=== Begin Enclosure ===
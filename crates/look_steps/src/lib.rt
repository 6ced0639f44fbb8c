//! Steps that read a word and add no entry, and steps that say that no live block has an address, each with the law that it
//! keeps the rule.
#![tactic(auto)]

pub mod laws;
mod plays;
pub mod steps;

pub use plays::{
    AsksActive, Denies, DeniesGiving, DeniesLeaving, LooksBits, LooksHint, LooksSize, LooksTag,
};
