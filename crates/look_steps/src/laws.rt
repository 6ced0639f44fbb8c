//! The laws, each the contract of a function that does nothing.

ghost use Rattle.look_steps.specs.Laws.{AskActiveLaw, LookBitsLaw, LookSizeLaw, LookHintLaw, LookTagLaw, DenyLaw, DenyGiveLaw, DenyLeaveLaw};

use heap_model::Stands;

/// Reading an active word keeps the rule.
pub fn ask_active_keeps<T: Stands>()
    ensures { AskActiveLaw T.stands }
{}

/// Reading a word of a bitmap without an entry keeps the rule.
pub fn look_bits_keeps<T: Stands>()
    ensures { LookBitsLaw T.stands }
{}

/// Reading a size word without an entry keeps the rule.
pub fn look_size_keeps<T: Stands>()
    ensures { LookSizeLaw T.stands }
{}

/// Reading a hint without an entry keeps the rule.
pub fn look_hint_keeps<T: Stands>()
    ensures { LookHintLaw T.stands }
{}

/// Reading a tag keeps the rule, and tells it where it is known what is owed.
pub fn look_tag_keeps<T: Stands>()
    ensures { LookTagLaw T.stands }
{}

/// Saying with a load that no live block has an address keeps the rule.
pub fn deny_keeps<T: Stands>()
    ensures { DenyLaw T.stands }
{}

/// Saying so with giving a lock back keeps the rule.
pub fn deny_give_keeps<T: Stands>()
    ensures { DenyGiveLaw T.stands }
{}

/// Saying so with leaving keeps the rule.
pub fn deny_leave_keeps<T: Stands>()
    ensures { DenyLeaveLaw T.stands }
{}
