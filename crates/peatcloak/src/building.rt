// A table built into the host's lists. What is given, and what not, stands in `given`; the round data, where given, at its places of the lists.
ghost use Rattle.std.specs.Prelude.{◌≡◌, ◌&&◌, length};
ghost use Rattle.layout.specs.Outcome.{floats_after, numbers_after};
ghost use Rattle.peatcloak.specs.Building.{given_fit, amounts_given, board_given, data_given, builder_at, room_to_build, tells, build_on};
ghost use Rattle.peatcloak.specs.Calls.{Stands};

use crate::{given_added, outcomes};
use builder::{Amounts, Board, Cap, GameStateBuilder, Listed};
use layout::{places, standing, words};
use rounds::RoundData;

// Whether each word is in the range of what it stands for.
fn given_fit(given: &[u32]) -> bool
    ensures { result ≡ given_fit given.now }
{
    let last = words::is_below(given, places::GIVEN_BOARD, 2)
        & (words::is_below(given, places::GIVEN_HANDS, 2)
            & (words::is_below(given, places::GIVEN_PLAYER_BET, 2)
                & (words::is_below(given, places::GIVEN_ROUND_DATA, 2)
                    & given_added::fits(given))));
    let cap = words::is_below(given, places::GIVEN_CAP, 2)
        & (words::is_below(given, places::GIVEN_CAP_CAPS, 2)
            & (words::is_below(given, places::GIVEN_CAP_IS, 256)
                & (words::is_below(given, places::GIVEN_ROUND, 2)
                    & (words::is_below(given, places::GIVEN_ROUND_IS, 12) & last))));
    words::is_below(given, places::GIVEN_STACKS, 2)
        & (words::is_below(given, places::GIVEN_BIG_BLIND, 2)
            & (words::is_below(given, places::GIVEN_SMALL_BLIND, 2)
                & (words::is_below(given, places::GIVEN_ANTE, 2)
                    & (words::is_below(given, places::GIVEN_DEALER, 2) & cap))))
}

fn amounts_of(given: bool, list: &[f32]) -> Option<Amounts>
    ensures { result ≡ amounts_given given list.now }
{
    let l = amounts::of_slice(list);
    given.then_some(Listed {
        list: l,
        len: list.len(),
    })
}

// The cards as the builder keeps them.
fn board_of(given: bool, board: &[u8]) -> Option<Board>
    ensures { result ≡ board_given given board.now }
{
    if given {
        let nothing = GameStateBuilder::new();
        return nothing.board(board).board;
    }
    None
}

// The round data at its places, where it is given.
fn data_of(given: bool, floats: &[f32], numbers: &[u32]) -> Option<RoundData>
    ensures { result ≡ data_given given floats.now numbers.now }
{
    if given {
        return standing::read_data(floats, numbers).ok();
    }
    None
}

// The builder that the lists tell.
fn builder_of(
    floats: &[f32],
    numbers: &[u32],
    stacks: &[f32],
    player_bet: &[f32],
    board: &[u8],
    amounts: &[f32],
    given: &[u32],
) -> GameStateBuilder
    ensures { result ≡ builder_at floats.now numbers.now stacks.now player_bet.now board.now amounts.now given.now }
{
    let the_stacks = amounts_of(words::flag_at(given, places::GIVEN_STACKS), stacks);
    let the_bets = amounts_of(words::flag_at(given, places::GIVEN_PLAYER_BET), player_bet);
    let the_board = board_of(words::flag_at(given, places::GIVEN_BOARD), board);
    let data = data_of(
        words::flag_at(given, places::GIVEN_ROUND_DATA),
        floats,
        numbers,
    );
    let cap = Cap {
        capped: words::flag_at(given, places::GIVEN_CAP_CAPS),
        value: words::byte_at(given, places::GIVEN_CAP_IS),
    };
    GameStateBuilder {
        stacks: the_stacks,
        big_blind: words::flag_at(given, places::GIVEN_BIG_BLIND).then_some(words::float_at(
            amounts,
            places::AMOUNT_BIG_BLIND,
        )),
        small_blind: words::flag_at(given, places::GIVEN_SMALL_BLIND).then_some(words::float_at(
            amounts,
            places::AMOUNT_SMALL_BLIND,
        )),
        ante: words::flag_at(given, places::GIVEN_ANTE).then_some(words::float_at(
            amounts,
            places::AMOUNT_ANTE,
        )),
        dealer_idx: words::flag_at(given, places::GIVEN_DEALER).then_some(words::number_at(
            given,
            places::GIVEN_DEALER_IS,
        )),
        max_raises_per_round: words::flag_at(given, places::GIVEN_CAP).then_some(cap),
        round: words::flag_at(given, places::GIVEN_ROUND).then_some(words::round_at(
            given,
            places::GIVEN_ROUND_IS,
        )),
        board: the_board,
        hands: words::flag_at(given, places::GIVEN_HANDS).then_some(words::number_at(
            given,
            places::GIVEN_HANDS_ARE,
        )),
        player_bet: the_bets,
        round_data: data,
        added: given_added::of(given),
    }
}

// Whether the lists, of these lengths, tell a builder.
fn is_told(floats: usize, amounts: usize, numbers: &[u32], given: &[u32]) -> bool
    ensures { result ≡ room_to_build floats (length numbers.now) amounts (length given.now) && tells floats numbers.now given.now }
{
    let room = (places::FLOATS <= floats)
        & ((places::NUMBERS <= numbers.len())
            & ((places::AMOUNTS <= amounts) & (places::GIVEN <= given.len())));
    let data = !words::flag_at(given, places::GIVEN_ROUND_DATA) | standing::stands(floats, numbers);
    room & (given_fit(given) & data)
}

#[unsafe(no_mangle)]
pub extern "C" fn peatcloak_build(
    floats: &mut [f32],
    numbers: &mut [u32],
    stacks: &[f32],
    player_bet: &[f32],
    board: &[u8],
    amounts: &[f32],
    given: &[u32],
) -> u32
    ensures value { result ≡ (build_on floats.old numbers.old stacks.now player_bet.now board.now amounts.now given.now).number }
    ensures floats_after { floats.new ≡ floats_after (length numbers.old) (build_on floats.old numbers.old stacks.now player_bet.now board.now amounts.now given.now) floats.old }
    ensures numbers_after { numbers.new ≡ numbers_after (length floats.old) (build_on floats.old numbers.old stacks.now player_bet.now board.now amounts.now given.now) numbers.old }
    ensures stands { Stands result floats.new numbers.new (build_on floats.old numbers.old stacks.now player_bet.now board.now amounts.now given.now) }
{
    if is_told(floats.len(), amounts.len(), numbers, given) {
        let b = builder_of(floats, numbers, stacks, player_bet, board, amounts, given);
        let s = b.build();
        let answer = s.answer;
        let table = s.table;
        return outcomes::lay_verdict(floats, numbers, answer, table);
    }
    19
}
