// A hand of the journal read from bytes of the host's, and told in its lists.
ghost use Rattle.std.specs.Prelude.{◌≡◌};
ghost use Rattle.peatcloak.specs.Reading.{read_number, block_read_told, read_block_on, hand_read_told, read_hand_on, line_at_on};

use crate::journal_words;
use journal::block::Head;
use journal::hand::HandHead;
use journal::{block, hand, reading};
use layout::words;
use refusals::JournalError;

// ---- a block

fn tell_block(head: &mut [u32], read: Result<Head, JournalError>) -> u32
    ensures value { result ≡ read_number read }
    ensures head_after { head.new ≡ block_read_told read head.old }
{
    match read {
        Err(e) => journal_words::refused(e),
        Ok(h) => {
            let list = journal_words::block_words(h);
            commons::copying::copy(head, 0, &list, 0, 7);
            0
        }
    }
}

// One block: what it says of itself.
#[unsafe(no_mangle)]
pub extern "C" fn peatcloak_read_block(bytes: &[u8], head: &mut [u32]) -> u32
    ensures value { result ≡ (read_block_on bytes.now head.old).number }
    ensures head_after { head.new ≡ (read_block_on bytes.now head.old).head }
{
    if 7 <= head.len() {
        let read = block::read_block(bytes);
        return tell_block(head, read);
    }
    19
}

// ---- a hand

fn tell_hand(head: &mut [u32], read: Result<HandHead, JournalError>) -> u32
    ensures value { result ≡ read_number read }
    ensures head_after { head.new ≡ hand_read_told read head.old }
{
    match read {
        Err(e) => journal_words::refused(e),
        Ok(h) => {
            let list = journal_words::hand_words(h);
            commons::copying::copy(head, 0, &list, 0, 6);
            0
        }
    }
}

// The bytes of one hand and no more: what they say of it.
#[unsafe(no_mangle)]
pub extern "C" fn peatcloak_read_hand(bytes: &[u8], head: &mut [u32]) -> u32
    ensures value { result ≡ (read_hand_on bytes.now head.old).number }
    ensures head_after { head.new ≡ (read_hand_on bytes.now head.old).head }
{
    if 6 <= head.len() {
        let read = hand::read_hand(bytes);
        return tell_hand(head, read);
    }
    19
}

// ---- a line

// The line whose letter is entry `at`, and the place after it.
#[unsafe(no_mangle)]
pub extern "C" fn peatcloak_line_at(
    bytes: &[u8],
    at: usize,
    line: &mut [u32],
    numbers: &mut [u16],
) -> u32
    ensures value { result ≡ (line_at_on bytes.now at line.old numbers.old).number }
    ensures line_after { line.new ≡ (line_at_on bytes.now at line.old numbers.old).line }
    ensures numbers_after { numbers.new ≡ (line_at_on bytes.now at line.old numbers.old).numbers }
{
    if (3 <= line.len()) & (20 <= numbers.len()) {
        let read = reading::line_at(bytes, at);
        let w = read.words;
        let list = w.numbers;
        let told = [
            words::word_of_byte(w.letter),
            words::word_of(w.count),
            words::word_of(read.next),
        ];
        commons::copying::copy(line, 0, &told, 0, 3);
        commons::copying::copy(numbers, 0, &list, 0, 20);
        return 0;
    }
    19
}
=== End Enclosure ===
**Your goal**. Write out every line in the data that holds the string "commons".

**Result**.
            commons::copying::copy(head, 0, &list, 0, 7);
            commons::copying::copy(head, 0, &list, 0, 6);
        commons::copying::copy(line, 0, &told, 0, 3);
        commons::copying::copy(numbers, 0, &list, 0, 20);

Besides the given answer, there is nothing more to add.